> **Provided information**

// Sessions of procedures and the program stack, as transcripts.
use crate::transcript::check_sessions;
use std::test::Fail;

const STACKED: &str = "# a stacked line is a command
@ S
| &TRACE OFF
| &STACK LISTFILE * * A
> EXEC S
R;
S        EXEC     A1
R;
> STATE S EXEC A
R;
# a stacked line is in front of the script
@ G
| &TRACE OFF
| &STACK STATE NONE FILE A
> G
R;
CMS002E File NONE FILE A not found
R(00028);
> STATE G EXEC A
R;
# lines are stacked at both ends
@ G
| &TRACE OFF
| &STACK A
| &STACK LIFO B
| &STACK FIFO C
> G
R;
CMS001E Unknown command B
R(-0003);
CMS001E Unknown command A
R(-0003);
CMS001E Unknown command C
R(-0003);
# a block is stacked in front
@ G
| &TRACE OFF
| &BEGSTACK LIFO
| A
| B
| &END
> G
R;
CMS001E Unknown command B
R(-0003);
CMS001E Unknown command A
R(-0003);
# a block is stacked behind
@ G
| &TRACE OFF
| &BEGSTACK
| A
| B
| &END
> G
R;
CMS001E Unknown command A
R(-0003);
CMS001E Unknown command B
R(-0003);
# a stacked line is read
@ G
| &TRACE OFF
| &STACK ONE TWO
| &READ ARGS
| &TYPE &N &2
> G
2 TWO
R;
# a line of the script is read
@ G
| &TRACE OFF
| &READ STRING &X
| &TYPE &X
> G
> some  text
some  text
R;
# words are read into variables
@ G
| &TRACE OFF
| &READ VARS &A &B &C
| &TYPE &B / &C /
> G
> ONE TWO
TWO / /
R;
# a line that is not printable is asked for again
@ G
| &TRACE OFF
| &READ STRING &X
| &TYPE &X
> G
> A\u{7}B
CMS010E Line has an invalid character
> GOOD
GOOD
R;
# records are read from where the last reading stopped
@ G
| &TRACE OFF
| EXECIO 1 DISKR G EXEC A 4
| &READ STRING &X
| EXECIO 1 DISKR G EXEC A
| &READ STRING &Y
| &TYPE &X / &Y
> G
EXECIO 1 DISKR G EXEC A / &READ STRING &Y
R;
# a reading place is forgotten by FINIS
@ G
| &TRACE OFF
| EXECIO 1 DISKR G EXEC A 3 (FINIS
| &READ STRING &X
| EXECIO 1 DISKR G EXEC A
| &READ STRING &Y
| &TYPE &Y
> G
&TRACE OFF
R;
# and by an update of the file
@ G
| &TRACE OFF
| EXECIO 1 DISKR H DATA A
| &READ STRING &X
| EXECIO 1 DISKW H DATA A (STRING THIRD
| EXECIO 1 DISKR H DATA A
| &READ STRING &Y
| &TYPE &X &Y
> EXECIO 1 DISKW H DATA A (STRING FIRST
R;
> EXECIO 1 DISKW H DATA A (STRING SECOND
R;
> G
FIRST FIRST
R;
# and by a release of its disk
@ G
| &TRACE OFF
| EXECIO 1 DISKR H DATA A
| &READ STRING &X
| RELEASE A
| ACCESS 191 A
| EXECIO 1 DISKR H DATA A
| &READ STRING &Y
| &TYPE &X &Y
> EXECIO 1 DISKW H DATA A (STRING FIRST
R;
> EXECIO 1 DISKW H DATA A (STRING SECOND
R;
> G
FIRST FIRST
R;
# and by a ready line
@ G
| &TRACE OFF
| EXECIO 1 DISKR G EXEC A
| &READ STRING &X
| &TYPE &X
> G
&TRACE OFF
R;
> G
&TRACE OFF
R;
# the end of a file
@ G
| &TRACE OFF
| EXECIO 1 DISKR G EXEC A 9
| &TYPE &RC
> G
2
R;
";

const FORMATTED: &str = "# a procedure formats its own disk
@ G
| &TRACE OFF
| &STACK YES
| &STACK NEWVOL
| FORMAT 191 A
| &TYPE STILL HERE
| LISTFILE
| &TYPE &RC
> G
CMS603R FORMAT will erase all files on disk A (191). Go on? Enter YES or NO
CMS605R Enter disk label
CMS733I 24 blocks formatted on A (191)
STILL HERE
CMS002E File * * A not found
28
R;
# a script that ends in a read
@ G
| &TRACE OFF
| &READ ARGS
| &TYPE &N
> G
0
R;
";

#[test]
fn lines_are_stacked_and_read(rt: HostRuntime) -> Result<(), Fail> {
    check_sessions(&rt, rt.alloc(), &[STACKED, FORMATTED])
}
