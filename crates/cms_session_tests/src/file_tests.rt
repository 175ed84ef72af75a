// Sessions of STATE, TYPE, ERASE and RENAME, as transcripts, and the order of their calls.
use crate::transcript::check_sessions;
use std::test::Fail;

const STATED: &str = "# texts
> STATE ALPHA TEXT
R;
> state alpha text a1
R;
> STATE ALSO TEXT *
R;
> STATE ALPHA TEXT A2
CMS002E File ALPHA TEXT A2 not found
R(00028);
> STATE NONE TEXT
CMS002E File NONE TEXT A not found
R(00028);
> STATE NONE TEXT *
CMS002E File NONE TEXT * not found
R(00028);
> STATE NONE TEXT B
CMS069E Disk B is not accessed
R(00036);
> STATE NONE TEXT B (X
CMS003E Option X is not valid
R(00024);
> STATE ALPHA TEXT =
CMS048E Mode = is not valid
R(00024);
> STATE ALPHA TEXT AA X
CMS048E Mode AA is not valid
R(00024);
> STATE A* TEXT
CMS062E Name A* is not valid
R(00020);
> STATE * TEXT
CMS062E Name * is not valid
R(00020);
> STATE A!
CMS062E Name A! is not valid
R(00020);
> STATE ALPHA
CMS054E Operand is missing
R(00024);
> STATE ALPHA (X
CMS054E Operand is missing
R(00024);
> STATE ALPHA TEXT A X (Y
CMS070E Operand X is not valid
R(00024);
> STATE
CMS054E Operand is missing
R(00024);
> STAT ALPHA TEXT
CMS001E Unknown command STAT
R(-0003);
# texts: 191,512,ro,A 192,512,rw,B
> STATE ALPHA TEXT
R;
> STATE ALSO TEXT
CMS002E File ALSO TEXT A not found
R(00028);
";

const TYPED: &str = "# texts
> TYPE ALPHA TEXT
HELLO
WORLD
R;
> t alpha text a 2
WORLD
R;
> TYPE BETA DATA A 2 3
BC
DEF
R;
> TYPE BETA DATA A2 3 *
DEF
GHIJ
R;
> TYPE BETA DATA * 004 999999999
GHIJ
R;
> TYPE ALPHA TEXT (HEX
C8C5D3D3D6
E6D6D9D3C4
R;
> TYPE ALPHA TEXT (COL 2-3
EL
OR
R;
> TYPE ALPHA TEXT A 2 (HEX COL 1-3
E6D6D9
R;
> TYPE BETA DATA (COL 2-9

C
EF
HIJ
R;
> TYPE BETA DATA (COL 2-2 HEX COL 3-3


C6
C9
R;
> TYPE ALSO TEXT A0
X
R;
> TYPE BETA DATA A 0
CMS070E Operand 0 is not valid
R(00024);
> TYPE BETA DATA A X
CMS070E Operand X is not valid
R(00024);
> TYPE BETA DATA A * 2
CMS070E Operand * is not valid
R(00024);
> TYPE BETA DATA A 3 2
CMS070E Operand 2 is not valid
R(00024);
> TYPE BETA DATA A 1 1234567890
CMS070E Operand 1234567890 is not valid
R(00024);
> TYPE BETA DATA A 1 2 3
CMS070E Operand 3 is not valid
R(00024);
> TYPE BETA DATA A 5
CMS070E Operand 5 is not valid
R(00024);
> TYPE NONE DATA A 5
CMS002E File NONE DATA A not found
R(00028);
> TYPE NONE DATA B 5
CMS069E Disk B is not accessed
R(00036);
> TYPE BETA DATA B 5 (BLUE
CMS003E Option BLUE is not valid
R(00024);
> TYPE BETA DATA A 0 (BLUE
CMS070E Operand 0 is not valid
R(00024);
> TYPE BETA DATA AA 0
CMS048E Mode AA is not valid
R(00024);
> TYPE B* DATA AA
CMS062E Name B* is not valid
R(00020);
> TYPE BETA DATA =
CMS048E Mode = is not valid
R(00024);
> TYPE BETA (BLUE
CMS054E Operand is missing
R(00024);
> TYPE
CMS054E Operand is missing
R(00024);
> TYPE BETA DATA (HE
CMS003E Option HE is not valid
R(00024);
> TYPE BETA DATA (COL
CMS054E Operand is missing
R(00024);
> TYPE BETA DATA (COL)
CMS054E Operand is missing
R(00024);
> TYPE BETA DATA (col 2-1
CMS029E Parameter 2-1 of option COL is not valid
R(00024);
> TYPE BETA DATA (COL 0-1
CMS029E Parameter 0-1 of option COL is not valid
R(00024);
> TYPE BETA DATA (COL 2
CMS029E Parameter 2 of option COL is not valid
R(00024);
> TYPE BETA DATA (COL X BLUE
CMS029E Parameter X of option COL is not valid
R(00024);
> TYPE BETA DATA (BLUE COL X
CMS003E Option BLUE is not valid
R(00024);
> TYPE BETA DATA (COL X COL 1-2
CMS029E Parameter X of option COL is not valid
R(00024);
> TYPE BETA DATA B (COL 1-2 HEX) Y
CMS070E Operand Y is not valid
R(00024);
# texts: 191,512,ro,A 192,512,rw,B
> TYPE ALPHA TEXT
HELLO
WORLD
R;
> TYPE ALSO TEXT
CMS002E File ALSO TEXT A not found
R(00028);
# spanning
> TYPE V FILE A 2 2
ABC
R;
> TYPE V FILE A (COL 509-600
A

R;
> LISTFILE (ALLOC NOHEADER
V        FILE     A1 V   509        2        2
R;
# spanning, stars: 191,512,ro,A
> TYPE V FILE A (HEX
{5C*508}C1
C1C2C3
R;
> TYPE V FILE A 1 1 (HEX COL 100-400
{5C*301}
R;
";

const ERASED: &str = "# texts
> ERASE ALPHA TEXT
R;
> STATE ALPHA TEXT
CMS002E File ALPHA TEXT A not found
R(00028);
> L
ALSO     TEXT     A0
BETA     DATA     A2
R;
> ERA BETA DATA A2 (TYPE
BETA DATA A2
R;
> erase also text a (ty
ALSO TEXT A0
R;
> L
CMS002E File * * A not found
R(00028);
# texts
> ERASE * TEXT A (TYPE
ALPHA TEXT A1
ALSO TEXT A0
R;
> L
BETA     DATA     A2
R;
# texts
> ERASE * * A (TYPE
ALPHA TEXT A1
BETA DATA A2
ALSO TEXT A0
R;
> ERASE * * A (TYPE
CMS002E File * * A not found
R(00028);
# texts
> ERASE * * A1 (TYPE
ALPHA TEXT A1
R;
> ERASE BETA * A (NOTYPE TYPE
BETA DATA A2
R;
> ERASE ALSO * A (TYPE NOT
R;
# texts
> ERASE NONE TEXT
CMS002E File NONE TEXT A not found
R(00028);
> ERASE * NONE A1
CMS002E File * NONE A1 not found
R(00028);
> ERASE ALPHA TEXT A2
CMS002E File ALPHA TEXT A2 not found
R(00028);
> ERASE NONE TEXT B
CMS069E Disk B is not accessed
R(00036);
> ERASE NONE TEXT B (BLUE
CMS003E Option BLUE is not valid
R(00024);
> ERASE ALPHA TEXT *
CMS048E Mode * is not valid
R(00024);
> ERASE ALPHA TEXT = X
CMS048E Mode = is not valid
R(00024);
> ERASE A* TEXT *
CMS062E Name A* is not valid
R(00020);
> ERASE = TEXT
CMS062E Name = is not valid
R(00020);
> ERASE A!
CMS062E Name A! is not valid
R(00020);
> ERASE ALPHA (BLUE
CMS054E Operand is missing
R(00024);
> ERASE
CMS054E Operand is missing
R(00024);
> ERASE ALPHA TEXT A X (BLUE
CMS070E Operand X is not valid
R(00024);
> ERASE ALPHA TEXT (T
CMS003E Option T is not valid
R(00024);
> ERASE ALPHA TEXT (TYPE) X
CMS070E Operand X is not valid
R(00024);
> ER ALPHA TEXT
CMS001E Unknown command ER
R(-0003);
> L ALPHA
ALPHA    TEXT     A1
R;
# full
> ERASE A FILE A
CMS107E Disk A is full, 1 blocks needed, 0 free
R(00100);
# texts: 191,512,ro,A 192,512,rw,B
> ERASE NONE TEXT
CMS037E Disk A is read-only
R(00036);
> ERASE ALPHA TEXT C
CMS069E Disk C is not accessed
R(00036);
> ERASE ALPHA TEXT (BLUE
CMS003E Option BLUE is not valid
R(00024);
";

const RENAMED: &str = "# texts
> RENAME ALPHA TEXT A OMEGA = =
R;
> L
OMEGA    TEXT     A1
BETA     DATA     A2
ALSO     TEXT     A0
R;
> r omega text a alpha old a2 (type
ALPHA OLD A2
R;
> R ALPHA OLD A = = A1 (TY UP
ALPHA OLD A1
R;
> R * TEXT A = NEW = (TYPE
ALSO NEW A0
R;
> R * * A1 = TEXT = (NOT TYPE UPDIRT
ALPHA TEXT A1
R;
> R ALPHA TEXT A ALPHA TEXT A (TYPE NOTYPE
R;
> TYPE ALPHA TEXT
HELLO
WORLD
R;
> L (DATE NOHEADER
ALPHA    TEXT     A1 F     5        2        1 12/31/99 23:59:59
BETA     DATA     A2 V     4        4        1 12/31/99 23:59:59
ALSO     NEW      A0 V     1        1        1 12/31/99 23:59:59
R;
# texts
> R * TEXT A SAME = = (TYPE
SAME TEXT A1
CMS024E File SAME TEXT A already exists
R(00028);
> L
SAME     TEXT     A1
BETA     DATA     A2
ALSO     TEXT     A0
R;
# texts
> R * * A = OTHER A4 (TYPE
ALPHA OTHER A4
BETA OTHER A4
ALSO OTHER A4
R;
# texts
> R ALPHA TEXT A BETA DATA a2
CMS024E File BETA DATA A2 already exists
R(00028);
> R ALPHA TEXT A BETA DATA =
CMS024E File BETA DATA A already exists
R(00028);
> R NONE TEXT A BETA DATA A
CMS002E File NONE TEXT A not found
R(00028);
> R ALPHA TEXT A2 X = =
CMS002E File ALPHA TEXT A2 not found
R(00028);
> R NONE TEXT B X = =
CMS069E Disk B is not accessed
R(00036);
> R ALPHA TEXT B X TEXT A
CMS048E Mode A is not valid
R(00024);
> R ALPHA TEXT A X TEXT B
CMS048E Mode B is not valid
R(00024);
> R ALPHA TEXT A X TEXT *
CMS048E Mode * is not valid
R(00024);
> R ALPHA TEXT * X! = =
CMS048E Mode * is not valid
R(00024);
> R ALPHA TEXT = X = =
CMS048E Mode = is not valid
R(00024);
> R = TEXT AA X = =
CMS062E Name = is not valid
R(00020);
> R ALPHA TEXT A * = =
CMS062E Name * is not valid
R(00020);
> R ALPHA TEXT A X Y! B
CMS062E Name Y! is not valid
R(00020);
> R ALPHA TEXT A X TEXT A Y (BLUE
CMS070E Operand Y is not valid
R(00024);
> R ALPHA TEXT A X TEXT B Y
CMS048E Mode B is not valid
R(00024);
> R NONE TEXT B X TEXT B (BLUE
CMS003E Option BLUE is not valid
R(00024);
> R ALPHA TEXT A X TEXT A (U
CMS003E Option U is not valid
R(00024);
> R ALPHA TEXT A X TEXT (BLUE
CMS054E Operand is missing
R(00024);
> R ALPHA TEXT A X
CMS054E Operand is missing
R(00024);
> R ALPHA TEXT A
CMS054E Operand is missing
R(00024);
> R ALPHA TEXT
CMS054E Operand is missing
R(00024);
> RENAME
CMS054E Operand is missing
R(00024);
# texts: 191,512,ro,A 192,512,rw,B
> R NONE TEXT A X = =
CMS037E Disk A is read-only
R(00036);
> R ALPHA TEXT A BETA DATA =
CMS037E Disk A is read-only
R(00036);
";

const SESSIONS: &str = "# rows
> ACCESS 192 B
R;
> ERASE AB FILE A
R;
> LISTFILE A%* F* * (FORMAT NOHEADER
AC       FILE     A1 V     5
AD       FILE     A1 V     5
AZ       FORM     B1 V     5
R;
> LISTFILE * * A
BX       FILE     A1
AC       FILE     A1
AD       FILE     A1
R;
# rows
> ACCESS 192 B/A
CMS723I B (192) R/O
R;
> STATE AZ FORM A
R;
> TYPE AZ FORM
OTHER
R;
> LISTFILE A* * A (FNAME
AB
AC
AD
A
AZ
R;
> ERASE AZ FORM A
CMS002E File AZ FORM A not found
R(00028);
> ERASE AZ FORM B
CMS037E Disk B is read-only
R(00036);
> RENAME AZ FORM A X = =
CMS002E File AZ FORM A not found
R(00028);
# two files
> RENAME A FILE A B FILE A
CMS024E File B FILE A already exists
R(00028);
> RENAME A FILE A = = A2
R;
> LISTFILE
A        FILE     A2
B        FILE     A1
R;
# one file
> FROB
CMS001E Unknown command FROB
R(-0003);
> TYPE A FILE A 2
CMS070E Operand 2 is not valid
R(00024);
> TYPE A! FILE A
CMS062E Name A! is not valid
R(00020);
> LISTFILE (BLUE
CMS003E Option BLUE is not valid
R(00024);
> ACCESS 199 C
CMS113E Device 199 does not exist
R(00036);
> ERASE A FILE B
CMS069E Disk B is not accessed
R(00036);
# empty + hidden
> ACCESS 192 B
R;
> LISTFILE * * B (FTYPE
P        PRIV
Q        OPEN
R;
> ACCESS 192 B/B
CMS723I B (192) R/O
R;
> LISTFILE * * B (FTYPE
Q        OPEN
R;
";

// The calls of the world in sessions of one line on the texts: each file of a change is written and synced before it is typed, and that
// before the next; the script is read again where no line is left.
const CALLS: &str = "# texts
> STATE ALPHA TEXT
R;
! Done aarrrrrinoi
# texts
> EXECIO 0 DISKW Z FILE A
R;
! Done aarrrrrinoi
# texts
> LISTFILE
ALPHA    TEXT     A1
BETA     DATA     A2
ALSO     TEXT     A0
R;
! Done aarrrrrinooooi
# texts
> LISTFILE (STACK
R;
CMS001E Unknown command ALPHA
R(-0003);
CMS001E Unknown command BETA
R(-0003);
CMS001E Unknown command ALSO
R(-0003);
! Done aarrrrrinonoonoonooi
# texts
> LISTFILE (EXEC
R;
! Done aarrrrrinwwwswsoi
# texts
> ERASE * * A
R;
! Done aarrrrrinwwswswwswswwswsoi
# texts
> ERASE * * A (TYPE
ALPHA TEXT A1
BETA DATA A2
ALSO TEXT A0
R;
! Done aarrrrrinwwswsowwswsowwswsooi
# texts
> RENAME * TEXT A = NEW = (TYPE
ALPHA NEW A1
ALSO NEW A0
R;
! Done aarrrrrinwswsowswsooi
# texts
> RENAME ALPHA TEXT A BETA DATA A
CMS024E File BETA DATA A already exists
R(00028);
! Done aarrrrrinooi
# texts
> TYPE BETA DATA
A
BC
DEF
GHIJ
R;
! Done aarrrrrinroooooi
";

// A doubt, here of the second sync of an erasure, ends with an access.
const DOUBTED: &str = "# one file: 191,512,rw,A
^ 12 dropped
> ERASE A FILE A
CMS105E Device fault on 191
R(00100);
> STATE A FILE A
CMS069E Disk A is not accessed
R(00036);
> ACCESS 191 A
R;
> LISTFILE
CMS002E File * * A not found
R(00028);
# one file: 191,512,rw,A
^ 12 landed
> ERASE A FILE A
CMS105E Device fault on 191
R(00100);
> STATE A FILE A
CMS069E Disk A is not accessed
R(00036);
> ACCESS 191 A
R;
> LISTFILE
CMS002E File * * A not found
R(00028);
";

#[test]
fn files_are_told_typed_and_changed(rt: HostRuntime) -> Result<(), Fail> {
    check_sessions(
        &rt,
        rt.alloc(),
        &[STATED, TYPED, ERASED, RENAMED, SESSIONS, CALLS, DOUBTED],
    )
}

> **Description of the task**
Filter the records, keeping only lines that contain "ERASED", and show those lines.

> **Exercise result**
const ERASED: &str = "# texts
        &[STATED, TYPED, ERASED, RENAMED, SESSIONS, CALLS, DOUBTED],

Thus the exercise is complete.